Marlène Schiappa annonce que 140.000 personnes sont sous l'emprise de dérives sectaires en France

Environ 500 groupes de dérives sectaires ont été dénombrés en France, dévoile la ministre déléguée dans une interview à L'Obs ce mercredi. Les théories de médecines alternatives suscitent notamment l'inquiétude.

C'est un nouvel éclairage apporté sur les dérives sectaires en France. Alors que traditionnellement, on attribuait à ce phénomène des communautés de grandes ampleurs, telle que l'Eglise de la Scientologie, il s'agit désormais de "beaucoup de petits groupes". Dans ces derniers sont enrôlés quelque 140.000 Français, dont une majorité de mineurs, révèle ce mercredi Marlène Schiappa dans les colonnes de L'Obs.

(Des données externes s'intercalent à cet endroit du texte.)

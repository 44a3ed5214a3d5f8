// What the evaluator does next, by its state and the call.
ghost use Rattle.std.specs.Prelude.{◌≡◌};
ghost use Rattle.parties.specs.States.{allowed};

#[derive(Clone, Copy, PartialEq, Eq, Debug)]
pub enum State {
    Collecting,
    Evaluating,
    Finished,
    Ended,
}

#[derive(Clone, Copy, PartialEq, Eq, Debug)]
pub enum EvaluatorCall {
    Join,
    Deliver,
    Evaluate,
    Decode,
    Wipe,
}

// Whether it is the call's turn.
pub fn in_turn(state: State, call: EvaluatorCall) -> bool
    ensures { result ≡ allowed state call }
{
    match (state, call) {
        (State::Ended, EvaluatorCall::Join) => true,
        (State::Ended, _) => false,
        (_, EvaluatorCall::Deliver | EvaluatorCall::Wipe) => true,
        (State::Evaluating, EvaluatorCall::Evaluate) => true,
        (State::Finished, EvaluatorCall::Decode) => true,
        _ => false,
    }
}
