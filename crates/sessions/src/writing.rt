// What came of a call, as text.

use crate::answer::Answer;
use crate::lent::{Lent, same_labels, zeros};
use crate::numbered::Numbered;
use circuit::refusal::Refusal;
use parties::state::State;
use std::alloc::AllocError;

fn state_name(state: State) -> &'static str {
    match state {
        State::Collecting => "collecting",
        State::Evaluating => "evaluating",
        State::Finished => "finished",
        State::Ended => "ended",
    }
}

fn add_accepted<L: Numbered>(text: &mut String, answer: Answer<L>) -> Result<(), AllocError> {
    match answer {
        Answer::Opened => text.push_str("opened"),
        Answer::Garbled(bits) => write!(text, "garbled {bits}"),
        Answer::Encoded(label) => {
            text.push_str("label ")?;
            label.add_to(text)
        }
        Answer::Coloured => text.push_str("coloured"),
        Answer::Certified(bit) => write!(text, "bit {}", u8::from(bit)),
        Answer::Joined => text.push_str("joined"),
        Answer::Delivered => text.push_str("delivered"),
        Answer::Evaluated => text.push_str("evaluated"),
        Answer::Decoded => text.push_str("decoded"),
        Answer::Missing(Some(input)) => write!(text, "{input}"),
        Answer::Missing(None) => text.push_str("none"),
        Answer::State(state) => text.push_str(state_name(state)),
        Answer::Wiped => text.push_str("wiped"),
        Answer::NoToken => text.push_str("no token"),
    }
}

fn add_answer<L: Numbered>(
    text: &mut String,
    answer: Result<Answer<L>, Refusal>,
) -> Result<(), AllocError> {
    text.push_str(": ")?;
    match answer {
        Ok(answer) => add_accepted(text, answer),
        Err(why) => write!(text, "{why}"),
    }
}

fn add_bytes(text: &mut String, name: &str, bytes: &[u8]) -> Result<(), AllocError> {
    write!(text, "; {name} ")?;
    for byte in bytes {
        write!(text, "{byte:02X}")?;
    }
    Ok(())
}

fn add_labels<L: Numbered>(text: &mut String, name: &str, labels: &[L]) -> Result<(), AllocError> {
    write!(text, "; {name}")?;
    for label in labels {
        text.push_str(" ")?;
        label.add_to(text)?;
    }
    Ok(())
}

// How many labels are zero at its front, or all labels where it is not as before past these.
fn add_scratch<L: Numbered>(
    text: &mut String,
    before: &[L],
    after: &[L],
) -> Result<(), AllocError> {
    let zeros = zeros(after);
    match (before.get(zeros..), after.get(zeros..)) {
        (Some(old), Some(new)) if same_labels(old, new) => write!(text, "; scratch {zeros} zero"),
        _ => add_labels(text, "scratch", after),
    }
}

// What a call changed, each as a whole.
fn add_changes<L: Numbered>(
    text: &mut String,
    name: &str,
    before: &Lent<L>,
    after: &Lent<L>,
) -> Result<(), AllocError> {
    if before.bytes != after.bytes {
        add_bytes(text, name, after.bytes.as_slice())?;
    }
    if !same_labels(before.wires.as_slice(), after.wires.as_slice()) {
        add_labels(text, "wires", after.wires.as_slice())?;
    }
    if before.material != after.material {
        add_bytes(text, "material", after.material.as_slice())?;
    }
    if !same_labels(before.scratch.as_slice(), after.scratch.as_slice()) {
        add_scratch(text, before.scratch.as_slice(), after.scratch.as_slice())?;
    }
    if before.count != after.count {
        write!(text, "; count {}", after.count)?;
    }
    Ok(())
}

// What came of a call: its answer, and what it changed of what its side is lent.
pub fn add_outcome<L: Numbered>(
    text: &mut String,
    answer: Result<Answer<L>, Refusal>,
    name: &str,
    before: &Lent<L>,
    after: &Lent<L>,
) -> Result<(), AllocError> {
    add_answer(text, answer)?;
    add_changes(text, name, before, after)
}
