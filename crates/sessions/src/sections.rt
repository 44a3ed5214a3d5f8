// The input in sections: what stands before the first session, and each session.

use crate::call::Task;
use crate::circuits::Circuits;
use crate::reading::read_task;
use anyhow::{Context, bail, ensure};
use std::alloc::Global;
use words::Words;

// Whose labels a section's sides have.
#[derive(Clone, Copy)]
pub enum Labels {
    // Before the first session.
    None,
    Paper,
    Flat,
}

// A line, and what it asks for.
#[derive(Drop)]
pub struct Entry<'a> {
    pub line: &'a str,
    pub task: Task<'a>,
}

#[derive(Drop)]
pub struct Section<'a> {
    pub labels: Labels,
    pub entries: Vec<Entry<'a>>,
}

// The labels of the session that a line begins, or none.
fn begun(line: &str) -> anyhow::Result<Labels> {
    let mut words = Words::new(line);
    if words.word() != "session" {
        return Ok(Labels::None);
    }
    let labels = match words.word() {
        "paper" => Labels::Paper,
        "flat" => Labels::Flat,
        other => bail!("{other:?} is no label kind"),
    };
    words.end()?;
    Ok(labels)
}

fn add_line<'a>(
    heap: Global,
    circuits: &'a Circuits,
    sections: &mut Vec<Section<'a>>,
    line: &'a str,
) -> anyhow::Result<()> {
    let labels = begun(line)?;
    let mut task = Task::Nothing;
    if matches!(labels, Labels::None) {
        task = read_task(heap, circuits, line)?;
    } else {
        let entries = Vec::new(heap);
        sections.push(Section { labels, entries })?;
    }
    let section = sections.last_mut().context("no section")?;
    let waits = matches!(section.labels, Labels::None) && !matches!(task, Task::Nothing);
    ensure!(!waits, "a call before any session");
    section.entries.push(Entry { line, task })?;
    Ok(())
}

// Reads every line of the input.
pub fn read_sections<'a>(
    heap: Global,
    circuits: &'a Circuits,
    input: &'a str,
) -> anyhow::Result<Vec<Section<'a>>> {
    let mut sections = Vec::new(heap);
    sections.push(Section {
        labels: Labels::None,
        entries: Vec::new(heap),
    })?;
    for line in input.lines() {
        add_line(heap, circuits, &mut sections, line).context(format_args!("in {line:?}"))?;
    }
    Ok(sections)
}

La ministre déléguée à la Citoyenneté y présente les conclusions d'un travail d'enquête des forces de l'ordre et de la Mission interministérielle de Vigilance et de Lutte contre les Dérives sectaires (Miviludes), désormais rattachée à l'Intérieur.

3000 signalements en 2020

Les chiffres parlent d'eux-mêmes: 500 groupes présentant une emprise sectaire ont été dénombrés en France, soit "140.000 personnes dont 90.000 enfants et adolescents." Lors de l'année écoulée, 3000 signalements ont été envoyés aux agents de la Miviludes, "dont 700 ont été évalués comme sérieux", poursuit la ministre.

Pour rappel, une dérive sectaire se caractérise "par la mise en œuvre, par un groupe organisé ou un individu isolé, quelle que soit sa nature ou son activité, de pressions ou de techniques ayant pour but de créer, de maintenir ou d’exploiter chez une personne un état de sujétion psychologique ou physique, la privant d’une partie de son libre arbitre, avec des conséquences dommageables pour cette personne, son entourage ou pour la société."

Marlène Schiappa indique que "cela concerne toutes les classes sociales", mais plus particulièrement les femmes "souvent en situation de précarité ou victimes de prédations sexuelles". Sur le territoire, il existe une "surreprésentation" de ces dérives dans les "départements ruraux":

"Quand il y a moins de services publics, quand on est dans un désert médical, on se tourne plus facilement vers des offres alternatives pour se soigner", note la ministre.

Le crudivoriste Thierry Casasnovas dans le viseur

Le domaine de la santé voit en effet attirer de plus en plus de gourous en tout genre. Parmi les signalements recensés en 2020, "40 % concernent des questions de santé, de bien-être ou de médecine alternative; 25 %, des mouvements religieux, avec un regain des courants apocalyptiques." L'une des personnalités particulièrement pointée du doigt est un adepte du jeûne et du crudivorisme, Thierry Casasnovas.

Comme nous vous en parlions en octobre, cet homme partage depuis bientôt une décennie des vidéos sur YouTube dans lesquelles il prodigue des soi-disant conseils de santé. Il encourage notamment à baser son alimentation sur des jus de légumes et de fruits crus et des périodes de jeûne, affirmant que "la maladie n'existe pas". "Il y a des symptômes", que l'on peut combattre, selon lui, sans traitements médicaux. Une enquête a été ouverte cet été par le parquet de Paris pour "mise en danger de la vie d'autrui".

La ministre évoque également le développement de "stages survivalistes", axés autour de "l’effondrement imminent de la planète". Frédérik L., qui a tué trois gendarmes en décembre dernier dans le Puy-de-Dôme était un partisan de cette mouvance.

Le Covid-19, un terrain propice

La pandémie due Covid-19 est évidemment aussi un terrain propice au développement des dérives sectaires. "C’est une période de quête de sens, explique Marlène Schiappa. On a vu des gourous expliquer que la 5G serait à l’origine du virus et qu’il faut refuser la vaccination." Une vingtaine d'enquêtes sont en cours en France sur des personnes soupçonnées d'avoir "profité de cette crise pour développer en France une emprise sectaire."

Dans l'actualité également, la ministre confirme le développement de la mouvance complotiste QAnon en France, sans toutefois apporter de chiffres précis. Le Figaro avançait la semaine dernière "une quinzaine de signalements et témoignages" concernant cette galaxie pro-Trump ayant participé à l'intrusion dans le capitole en janvier.

Face à ce développement protéiforme, Marlène Schiappa nie un quelconque désengagement de l'Etat contre les dérives sectaires. Bien que le rattachement de la Milviludes au ministère de l'Intérieur ait suscité de nombreuses inquiétudes, elle assure que c'est un sujet "prioritaire pour nous". Preuve en est, après deux ans sans présidence, la magistrate Hanène Romdhane va prendre la tête de l'institution.